Exactly as given, repeat all of the entries.

START Records provided

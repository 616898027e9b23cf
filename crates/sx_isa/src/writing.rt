//! From instructions to their words, and the test whether there are any.

ghost use Rattle.std.specs.Prelude.{◌≡◌, ◌+◌, ◌*◌, ◌<◌, ◌∷◌, [], ◌++◌, IsTrue, ◌↔◌, All};
ghost use Rattle.std.specs.Prelude.{option_to_list, take, drop, length, slice_index};
ghost use Rattle.sx_isa.specs.Instructions.{IsSource, IsDestination, IsInstruction, IsOffset, BeginsWith};
ghost use Rattle.sx_isa.specs.Reading.{instruction_at};
ghost use Rattle.sx_isa.specs.Spelling.{two_word, one_word, packed, place_of, at, spelling};
ghost use Rattle.sx_isa.specs.Spelling.{op2_code, op1_code, offset_field};
ghost use Rattle.lemmas.specs.Truth.{truth};

use crate::fields::is_allowed;
use crate::instruction::{Instr, Op1, Op2, Operand, Words};

/// Where an operand is: a register, an addressing mode and an extension word.
#[derive(Clone, Copy)]
struct Place {
    register: u16,
    mode: u16,
    word: Option<u16>,
}

#[inline(always)]
fn place_of(operand: Operand) -> Place
    ensures { place_of operand ≡ at result.register result.mode (option_to_list result.word) }
{
    let (register, mode, word) = match operand {
        Operand::Reg(r) => (r, 0, None),
        Operand::Indexed(r, x) => (r, 1, Some(x)),
        Operand::Symbolic(x) => (0, 1, Some(x)),
        Operand::Absolute(x) => (2, 1, Some(x)),
        Operand::Indirect(r) => (r, 2, None),
        Operand::Increment(r) => (r, 3, None),
        Operand::Immediate(x) => (0, 3, Some(x)),
        Operand::Const(0) => (3, 0, None),
        Operand::Const(1) => (3, 1, None),
        Operand::Const(2) => (3, 2, None),
        Operand::Const(4) => (2, 2, None),
        Operand::Const(8) => (2, 3, None),
        Operand::Const(_) => (3, 3, None),
    };
    Place {
        register: register.into(),
        mode,
        word,
    }
}

fn op2_code(op: Op2) -> u16
    ensures { result ≡ op2_code op }
{
    match op {
        Op2::Mov => 4,
        Op2::Add => 5,
        Op2::Addc => 6,
        Op2::Subc => 7,
        Op2::Sub => 8,
        Op2::Cmp => 9,
        Op2::Bit => 11,
        Op2::Bic => 12,
        Op2::Bis => 13,
        Op2::Xor => 14,
        Op2::And => 15,
    }
}

fn op1_code(op: Op1) -> u16
    ensures { result ≡ op1_code op }
{
    match op {
        Op1::Rrc => 0,
        Op1::Swpb => 1,
        Op1::Rra => 2,
        Op1::Sxt => 3,
        Op1::Push => 4,
        Op1::Call => 5,
    }
}

fn offset_field(offset: i16) -> u16
    requires { IsOffset offset }
    ensures { result ≡ offset_field offset }
{
    offset.cast_unsigned() & 0x3ff
}

fn two_word(op: u16, source: u16, ad: u16, byte: bool, mode: u16, destination: u16) -> u16
    requires op { op < 16 }
    requires source { source < 16 }
    requires ad { ad < 2 }
    requires mode { mode < 4 }
    requires destination { destination < 16 }
    ensures { result ≡ two_word op source ad (truth byte) mode destination }
{
    op << 12 | source << 8 | ad << 7 | u16::from(byte) << 6 | mode << 4 | destination
}

fn one_word(op: u16, byte: bool, mode: u16, register: u16) -> u16
    requires op { op < 8 }
    requires mode { mode < 4 }
    requires register { register < 16 }
    ensures { result ≡ one_word op (truth byte) mode register }
{
    0x1000 | op << 7 | u16::from(byte) << 6 | mode << 4 | register
}

fn jump_word(cond: u16, field: u16) -> u16
    requires cond { cond < 8 }
    requires field { field < 1024 }
    ensures { result ≡ packed 1 ((3, cond) ∷ (10, field) ∷ []) }
{
    0x2000 | cond << 10 | field
}

/// The words of an instruction, by what they are for.
#[derive(Clone, Copy)]
struct Parts {
    first: u16,
    source: Option<u16>,
    destination: Option<u16>,
}

#[inline(always)]
fn parts_of(i: Instr) -> Parts
    requires { IsInstruction i }
    ensures { spelling i
        ≡ result.first ∷ (option_to_list result.source ++ option_to_list result.destination) }
{
    let alone = |first| Parts {
        first,
        source: None,
        destination: None,
    };
    match i {
        Instr::Two { op, byte, src, dst } => {
            let s = place_of(src);
            let d = place_of(dst);
            Parts {
                first: two_word(op2_code(op), s.register, d.mode, byte, s.mode, d.register),
                source: s.word,
                destination: d.word,
            }
        }
        Instr::One { op, byte, arg } => {
            let s = place_of(arg);
            Parts {
                first: one_word(op1_code(op), byte, s.mode, s.register),
                source: s.word,
                destination: None,
            }
        }
        Instr::Reti => alone(0x1300),
        Instr::Jump { cond, offset } => alone(jump_word(cond.into(), offset_field(offset))),
        Instr::Sancus(code) => alone(0x1380 + u16::from(code)),
    }
}

#[inline(always)]
fn in_order(parts: Parts) -> Words
    ensures words { take result.len result.w
        ≡ parts.first ∷ (option_to_list parts.source ++ option_to_list parts.destination) }
    ensures rest { All (λ w. w ≡ 0) (drop result.len result.w) }
    ensures len { result.len
        ≡ 1 + length (option_to_list parts.source) + length (option_to_list parts.destination) }
{
    let Parts {
        first,
        source,
        destination,
    } = parts;
    match (source, destination) {
        (None, None) => Words {
            w: [first, 0, 0],
            len: 1,
        },
        (Some(x), None) | (None, Some(x)) => Words {
            w: [first, x, 0],
            len: 2,
        },
        (Some(x), Some(y)) => Words {
            w: [first, x, y],
            len: 3,
        },
    }
}

/// The words of an instruction: its spelling, and zeros after it. `decode` gives the instruction
/// back from them. The words are those of TI's MSP430x2xx Family User's Guide, "CPU"; those of the
/// module instructions are our own. Inlined with what it calls: where an instruction is written out,
/// nothing of it is left but its words.
#[inline(always)]
pub fn encode(i: &Instr) -> Words
    requires { IsInstruction i.now }
    ensures words { BeginsWith result.w i.now result.len }
    ensures rest { All (λ w. w ≡ 0) (drop result.len result.w) }
    ensures read_back { instruction_at (slice_index result.w 0) (slice_index result.w 1)
        (slice_index result.w 2)
        ≡ Some (record { 0 = i.now; 1 = result.len }) }
{
    in_order(parts_of(*i))
}

fn is_source(operand: Operand) -> bool
    ensures { IsTrue result ↔ IsSource operand }
{
    match operand {
        Operand::Reg(r) => r < 16 && r != 3,
        Operand::Indexed(r, _) | Operand::Increment(r) => r < 16 && r != 0 && r != 2 && r != 3,
        Operand::Indirect(r) => r < 16 && r != 2 && r != 3,
        Operand::Symbolic(_) | Operand::Absolute(_) | Operand::Immediate(_) => true,
        Operand::Const(c) => matches!(c, 0 | 1 | 2 | 4 | 8 | 0xffff),
    }
}

fn is_destination(operand: Operand) -> bool
    ensures { IsTrue result ↔ IsDestination operand }
{
    match operand {
        Operand::Reg(r) => r < 16,
        Operand::Indexed(r, _) => r < 16 && r != 0 && r != 2 && r != 3,
        Operand::Symbolic(_) | Operand::Absolute(_) => true,
        _ => false,
    }
}

/// Whether the instruction can be written in words.
pub fn valid(i: &Instr) -> bool
    ensures { IsTrue result ↔ IsInstruction i.now }
{
    match *i {
        Instr::Two { src, dst, .. } => is_source(src) && is_destination(dst),
        Instr::One { op, byte, arg } => is_source(arg) && is_allowed(op, byte, arg),
        Instr::Reti => true,
        Instr::Jump { cond, offset } => cond < 8 && -512 <= offset && offset < 512,
        Instr::Sancus(code) => code < 8 && code != 3,
    }
}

END Records provided

* _Answer for this exercise_:
repository 616898027e9b23cf
filename crates/sx_isa/src/writing.rt
//! From instructions to their words, and the test whether there are any.

ghost use Rattle.std.specs.Prelude.{◌≡◌, ◌+◌, ◌*◌, ◌<◌, ◌∷◌, [], ◌++◌, IsTrue, ◌↔◌, All};
ghost use Rattle.std.specs.Prelude.{option_to_list, take, drop, length, slice_index};
ghost use Rattle.sx_isa.specs.Instructions.{IsSource, IsDestination, IsInstruction, IsOffset, BeginsWith};
ghost use Rattle.sx_isa.specs.Reading.{instruction_at};
ghost use Rattle.sx_isa.specs.Spelling.{two_word, one_word, packed, place_of, at, spelling};
ghost use Rattle.sx_isa.specs.Spelling.{op2_code, op1_code, offset_field};
ghost use Rattle.lemmas.specs.Truth.{truth};

use crate::fields::is_allowed;
use crate::instruction::{Instr, Op1, Op2, Operand, Words};

/// Where an operand is: a register, an addressing mode and an extension word.
#[derive(Clone, Copy)]
struct Place {
    register: u16,
    mode: u16,
    word: Option<u16>,
}

#[inline(always)]
fn place_of(operand: Operand) -> Place
    ensures { place_of operand ≡ at result.register result.mode (option_to_list result.word) }
{
    let (register, mode, word) = match operand {
        Operand::Reg(r) => (r, 0, None),
        Operand::Indexed(r, x) => (r, 1, Some(x)),
        Operand::Symbolic(x) => (0, 1, Some(x)),
        Operand::Absolute(x) => (2, 1, Some(x)),
        Operand::Indirect(r) => (r, 2, None),
        Operand::Increment(r) => (r, 3, None),
        Operand::Immediate(x) => (0, 3, Some(x)),
        Operand::Const(0) => (3, 0, None),
        Operand::Const(1) => (3, 1, None),
        Operand::Const(2) => (3, 2, None),
        Operand::Const(4) => (2, 2, None),
        Operand::Const(8) => (2, 3, None),
        Operand::Const(_) => (3, 3, None),
    };
    Place {
        register: register.into(),
        mode,
        word,
    }
}

fn op2_code(op: Op2) -> u16
    ensures { result ≡ op2_code op }
{
    match op {
        Op2::Mov => 4,
        Op2::Add => 5,
        Op2::Addc => 6,
        Op2::Subc => 7,
        Op2::Sub => 8,
        Op2::Cmp => 9,
        Op2::Bit => 11,
        Op2::Bic => 12,
        Op2::Bis => 13,
        Op2::Xor => 14,
        Op2::And => 15,
    }
}

fn op1_code(op: Op1) -> u16
    ensures { result ≡ op1_code op }
{
    match op {
        Op1::Rrc => 0,
        Op1::Swpb => 1,
        Op1::Rra => 2,
        Op1::Sxt => 3,
        Op1::Push => 4,
        Op1::Call => 5,
    }
}

fn offset_field(offset: i16) -> u16
    requires { IsOffset offset }
    ensures { result ≡ offset_field offset }
{
    offset.cast_unsigned() & 0x3ff
}

fn two_word(op: u16, source: u16, ad: u16, byte: bool, mode: u16, destination: u16) -> u16
    requires op { op < 16 }
    requires source { source < 16 }
    requires ad { ad < 2 }
    requires mode { mode < 4 }
    requires destination { destination < 16 }
    ensures { result ≡ two_word op source ad (truth byte) mode destination }
{
    op << 12 | source << 8 | ad << 7 | u16::from(byte) << 6 | mode << 4 | destination
}

fn one_word(op: u16, byte: bool, mode: u16, register: u16) -> u16
    requires op { op < 8 }
    requires mode { mode < 4 }
    requires register { register < 16 }
    ensures { result ≡ one_word op (truth byte) mode register }
{
    0x1000 | op << 7 | u16::from(byte) << 6 | mode << 4 | register
}

fn jump_word(cond: u16, field: u16) -> u16
    requires cond { cond < 8 }
    requires field { field < 1024 }
    ensures { result ≡ packed 1 ((3, cond) ∷ (10, field) ∷ []) }
{
    0x2000 | cond << 10 | field
}

/// The words of an instruction, by what they are for.
#[derive(Clone, Copy)]
struct Parts {
    first: u16,
    source: Option<u16>,
    destination: Option<u16>,
}

#[inline(always)]
fn parts_of(i: Instr) -> Parts
    requires { IsInstruction i }
    ensures { spelling i
        ≡ result.first ∷ (option_to_list result.source ++ option_to_list result.destination) }
{
    let alone = |first| Parts {
        first,
        source: None,
        destination: None,
    };
    match i {
        Instr::Two { op, byte, src, dst } => {
            let s = place_of(src);
            let d = place_of(dst);
            Parts {
                first: two_word(op2_code(op), s.register, d.mode, byte, s.mode, d.register),
                source: s.word,
                destination: d.word,
            }
        }
        Instr::One { op, byte, arg } => {
            let s = place_of(arg);
            Parts {
                first: one_word(op1_code(op), byte, s.mode, s.register),
                source: s.word,
                destination: None,
            }
        }
        Instr::Reti => alone(0x1300),
        Instr::Jump { cond, offset } => alone(jump_word(cond.into(), offset_field(offset))),
        Instr::Sancus(code) => alone(0x1380 + u16::from(code)),
    }
}

#[inline(always)]
fn in_order(parts: Parts) -> Words
    ensures words { take result.len result.w
        ≡ parts.first ∷ (option_to_list parts.source ++ option_to_list parts.destination) }
    ensures rest { All (λ w. w ≡ 0) (drop result.len result.w) }
    ensures len { result.len
        ≡ 1 + length (option_to_list parts.source) + length (option_to_list parts.destination) }
{
    let Parts {
        first,
        source,
        destination,
    } = parts;
    match (source, destination) {
        (None, None) => Words {
            w: [first, 0, 0],
            len: 1,
        },
        (Some(x), None) | (None, Some(x)) => Words {
            w: [first, x, 0],
            len: 2,
        },
        (Some(x), Some(y)) => Words {
            w: [first, x, y],
            len: 3,
        },
    }
}

/// The words of an instruction: its spelling, and zeros after it. `decode` gives the instruction
/// back from them. The words are those of TI's MSP430x2xx Family User's Guide, "CPU"; those of the
/// module instructions are our own. Inlined with what it calls: where an instruction is written out,
/// nothing of it is left but its words.
#[inline(always)]
pub fn encode(i: &Instr) -> Words
    requires { IsInstruction i.now }
    ensures words { BeginsWith result.w i.now result.len }
    ensures rest { All (λ w. w ≡ 0) (drop result.len result.w) }
    ensures read_back { instruction_at (slice_index result.w 0) (slice_index result.w 1)
        (slice_index result.w 2)
        ≡ Some (record { 0 = i.now; 1 = result.len }) }
{
    in_order(parts_of(*i))
}

fn is_source(operand: Operand) -> bool
    ensures { IsTrue result ↔ IsSource operand }
{
    match operand {
        Operand::Reg(r) => r < 16 && r != 3,
        Operand::Indexed(r, _) | Operand::Increment(r) => r < 16 && r != 0 && r != 2 && r != 3,
        Operand::Indirect(r) => r < 16 && r != 2 && r != 3,
        Operand::Symbolic(_) | Operand::Absolute(_) | Operand::Immediate(_) => true,
        Operand::Const(c) => matches!(c, 0 | 1 | 2 | 4 | 8 | 0xffff),
    }
}

fn is_destination(operand: Operand) -> bool
    ensures { IsTrue result ↔ IsDestination operand }
{
    match operand {
        Operand::Reg(r) => r < 16,
        Operand::Indexed(r, _) => r < 16 && r != 0 && r != 2 && r != 3,
        Operand::Symbolic(_) | Operand::Absolute(_) => true,
        _ => false,
    }
}

/// Whether the instruction can be written in words.
pub fn valid(i: &Instr) -> bool
    ensures { IsTrue result ↔ IsInstruction i.now }
{
    match *i {
        Instr::Two { src, dst, .. } => is_source(src) && is_destination(dst),
        Instr::One { op, byte, arg } => is_source(arg) && is_allowed(op, byte, arg),
        Instr::Reti => true,
        Instr::Jump { cond, offset } => cond < 8 && -512 <= offset && offset < 512,
        Instr::Sancus(code) => code < 8 && code != 3,
    }
}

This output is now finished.